I wasn’t ready for that either.  As I was explaining the burden of hate to a friend of mine, I realized that somewhere in the last two years I had internalized this notion and lived those steps; I am now thinking about how.

First of all, carrying hate or ill-will, for someone is just exhausting.  It usually presents as anger, but at its core is hurt and disappointment.  They hurt you, in an unimaginable way, often repeatedly and you have just grown weary of dealing with them, so you don’t–but every time their name is mentioned or you have to see them all those feelings come swirling to surface.  When you get tired of being tired, start forgiving.
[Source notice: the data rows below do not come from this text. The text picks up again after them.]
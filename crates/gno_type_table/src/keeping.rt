// A search and a flag beside each row.
ghost use Rattle.std.specs.Prelude.{◌≡◌, ◌<◌, ◌↔◌, [], ℕ, IfOk, IsTrue, Some, length, slice_get, take, true};
ghost use Rattle.gno_promotion.specs.declared.found.Search.{Search};
ghost use Rattle.gno_promotion.specs.declared.found.Search.TheVariants.{Blocked};
ghost use Rattle.gno_terms.specs.declared.term.TypeRef.{TypeRef};
ghost use Rattle.gno_type_table.specs.Kept.{IsFlagged, IsPut, awaited_by, reached_in};

use gno_base::List;
use gno_promotion::Search;
use gno_terms::TypeRef;
use std::alloc::{AllocError, Global};

/// The type whose definition a search waits for, where that is another than its own.
fn awaited_by(search: &Search) -> Option<TypeRef>
    ensures { result ≡ awaited_by search.now }
{
    match search {
        Search::Blocked(reached) => reached.as_slice().last().copied(),
        Search::Found { .. } => None,
    }
}

/// Whether a search waits for the definition of a type that is another than its own.
pub(crate) fn waits_for(search: &Search, t: TypeRef) -> bool
    ensures { IsTrue result ↔ (awaited_by search.now ≡ Some t) }
{
    match awaited_by(search) {
        Some(other) => other == t,
        None => false,
    }
}

/// Sets the flag of the type that a search waits for.
pub(crate) fn flag(awaited: &mut [bool], search: &Search)
    requires { (t : TypeRef) → awaited_by search.now ≡ Some t → t.0 < length awaited.old }
    ensures rise { (k : ℕ) → slice_get awaited.old k ≡ Some true → slice_get awaited.new k ≡ Some true }
    ensures flagged { IsFlagged search.now awaited.new }
{
    let Some(t) = awaited_by(search) else {
        return;
    };
    awaited[t.0 as usize] = true;
}

/// Puts a search in the place of another, and sets the flag of the type that it waits for.
pub(crate) fn put(searches: &mut [Search], awaited: &mut [bool], number: usize, search: Search)
    requires number { number < length searches.old }
    requires below { (t : TypeRef) → awaited_by search ≡ Some t → t.0 < length awaited.old }
    ensures { IsPut number search searches.old searches.new awaited.old awaited.new }
{
    flag(awaited, &search);
    searches[number] = search;
}

/// The types that a search reached.
pub(crate) fn reached_in(search: &Search) -> &[TypeRef]
    ensures { result.now ≡ reached_in search.now }
{
    match search {
        Search::Blocked(reached) => reached.as_slice(),
        Search::Found { reached, .. } => reached.as_slice(),
    }
}

/// The first types that a search reached.
pub(crate) fn first_reached(search: Search, count: usize) -> List<TypeRef>
    ensures { result ≡ take count (reached_in search) }
{
    match search {
        Search::Blocked(reached) => first(reached, count),
        Search::Found { reached, .. } => first(reached, count),
    }
}

fn first(types: List<TypeRef>, count: usize) -> List<TypeRef>
    ensures { result ≡ take count types }
{
    let mut types = types.into_vec();
    types.truncate(count);
    List::from_vec(types)
}

/// Searches that found nothing yet.
pub(crate) fn blank(alloc: Global, count: usize) -> Result<Vec<Search>, AllocError>
    ensures size { IfOk result (λ it. length it.items ≡ count) }
    ensures each { IfOk result (λ it. (n : ℕ) (search : Search) → slice_get it.items n ≡ Some search → search ≡ Blocked []) }
{
    let mut searches = Vec::new(alloc);
    for _number in 0..count {
        searches.push(Search::Blocked(List::new(alloc)))?;
    }
    Ok(searches)
}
This is what it means to pursue progress.  Get out of the cycle of being hurt, and start working towards reconciliation, again this is not for the other person, this is so you do not have to feel the things that you feel that weigh you down.  The next thing that will happen shortly after you decide to heal this hurt is that you will refuse revenge.  It serves no purpose.  Wanting them to hurt the way you do, would that make you feel better, or would that just make for two hurting people?

The third step is perhaps the most difficult and simultaneously the easiest.  Forgiving freely, is merely acceptance.  They are only human, they make mistakes, they hurt you and may not even know how much, but you will be okay.  When you press play on your life and move away from that past place of hurt you will see that you have been living through it all this time.  Your life has been passing you by as you sit in that hurt waiting for someone to heal you. Heal yourself.  Get up, brush yourself off, aknowledge, “I hurt,” then tell yourself, “I know, but it’s okay,” and keep walking forward.

Lastly, part peacefully–from the situation.  Did your mom hurt you because she was never the mother you thought she should have been?  Forgive her, she is human and perhaps she is hurting too.  It is likely she will never be the mother you expected, but you’ve gotten along without her so far, accept her as she is and continue living your life.  However it is that this person hurt you, whether you want to admit it or not, you are fine despite it.  If you know this person habitually lies, then accept them as a liar.  This doesn’t mean you have to cut them out of your life, you can still speak and be cordial and wish them well, just have caution in their words.  You have to set the boundaries, when you realize that everything you need to be whole, you have and always have had, you will know you can forgive them and move on.

Do you see how its for you?  Do you see how we cannot allow one person or one situation that hurt us change the person that we are?  Wake up, and move forward, leave the past in the past.  It’s only hard until it isn’t.